[Records from a dataset]
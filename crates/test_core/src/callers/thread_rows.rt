//! Rows of two host threads as data: what is done before and after them on one, what each does, and what they leave.
ghost use Rattle.std.specs.Prelude.{◌≡◌, All};
ghost use Rattle.evl_kernel.specs.state.Callbacks.{AnswersByPlan};
ghost use Rattle.evl_core.specs.accounts.OneHistory.{AgreeOnMutexes, AgreeOnStaxes, OneHistory};

use super::boards::{NORMAL, board_with};
use super::closing::{End, closes_with};
use super::passes::Passes;
use super::phases::{Step, answers, comes_back, last_of};
use super::rows::made;
use super::threads::{Hand, Task, both_call};
use evl_machine::{CallerOf, MachineOf};
use evl_pipeline::{Callback, Handler};
use std::alloc::{Allocator, Global};
use std::sync::Wait;
use std::thread::Threads;

/// The turns of two host threads, and each one's number of answers, between steps on one; the first takes all passes.
#[derive(Clone, Copy)]
pub struct ThreadRow<'a> {
    pub before: &'a [Step],
    pub tasks: (Task, Task),
    pub told: (u32, u32),
    pub after: &'a [Step],
    pub end: End,
}

// All that both callers know together: of the kernel, of each mutex's word and of each stax's gate.
fn meet<C: Handler, A: Allocator>(
    machine: &MachineOf<C, A>,
    one: &mut CallerOf<C, A>,
    other: &mut CallerOf<C, A>,
)
    requires { (one.old.machine ≡ machine.now) × (other.old.machine ≡ machine.now) }
    ensures same { (one.new ≡ one.old) × (other.new ≡ other.old) }
    ensures kernel { OneHistory one.old.account other.old.account }
    ensures mutexes { AgreeOnMutexes one.old.mutexes other.old.mutexes }
    ensures staxes { AgreeOnStaxes one.old.staxes other.old.staxes }
{
    machine.agree(one, other);
}

// Whether both callers are answered on two host threads what is wanted, and come back.
fn told_on_threads<C: Handler + Send, R: Threads + Wait + Sync>(
    rt: &R,
    alloc: Global,
    machine: &MachineOf<C, Global>,
    callers: &mut Vec<CallerOf<C, Global>>,
    passes: Passes,
    row: &ThreadRow<'_>,
) -> bool
    requires callers { All (λ c. c.machine ≡ machine.now) callers.old.items }
    requires by_plan { AnswersByPlan C.declared C.plan machine.now.first.callbacks }
    ensures { All (λ c. c.machine ≡ machine.now) callers.new.items }
{
    let Some(second) = last_of(machine, callers) else {
        return false;
    };
    let Some(first) = last_of(machine, callers) else {
        return false;
    };
    let first = Hand {
        caller: first,
        passes,
    };
    let second = Hand {
        caller: second,
        passes: Passes::new(alloc),
    };
    let (mut first, mut second, told) = both_call(rt, machine, first, second, row.tasks);
    meet(machine, &mut first, &mut second);
    let first_back = comes_back(machine, callers, first);
    let second_back = comes_back(machine, callers, second);
    first_back && second_back && told == row.told
}

// Whether the row is answered as it is wanted.
fn answers_row<C: Handler + Send, R: Threads + Wait + Sync>(
    rt: &R,
    alloc: Global,
    machine: &MachineOf<C, Global>,
    callers: &mut Vec<CallerOf<C, Global>>,
    row: &ThreadRow<'_>,
) -> bool
    requires callers { All (λ c. c.machine ≡ machine.now) callers.old.items }
    requires by_plan { AnswersByPlan C.declared C.plan machine.now.first.callbacks }
    ensures { All (λ c. c.machine ≡ machine.now) callers.new.items }
{
    let mut passes = Passes::new(alloc);
    let before = answers(rt, machine, callers, &mut passes, row.before);
    let told = told_on_threads(rt, alloc, machine, callers, passes, row);
    let mut passes = Passes::new(alloc);
    let after = answers(rt, machine, callers, &mut passes, row.after);
    before && told && after
}

/// Whether a row over a new machine with these callbacks is answered as it is wanted, the machine is closed then, and
/// its kernel has what is wanted.
pub fn is_row_over<C: Handler + Send, R: Threads + Wait + Sync>(
    rt: &R,
    alloc: Global,
    bank: Vec<C>,
    limit: u32,
    row: &ThreadRow<'_>,
) -> bool {
    match made(alloc, alloc, board_with(2, NORMAL), bank, limit) {
        Ok((machine, mut callers)) => {
            let told = answers_row(rt, alloc, &machine, &mut callers, row);
            let closed = closes_with(machine, callers, row.end);
            told && closed
        }
        Err(_) => false,
    }
}

/// The same with no callbacks.
pub fn is_thread_row<R: Threads + Wait + Sync>(
    rt: &R,
    alloc: Global,
    limit: u32,
    row: &ThreadRow<'_>,
) -> bool {
    let bank: Vec<Callback> = Vec::new(alloc);
    is_row_over(rt, alloc, bank, limit, row)
}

- _EXERCISE OBJECTIVE_
The expected reply is a number only, the tally of lines in the data where the word "AgreeOnMutexes" is found.

- _ANSWER TO THIS EXERCISE_
2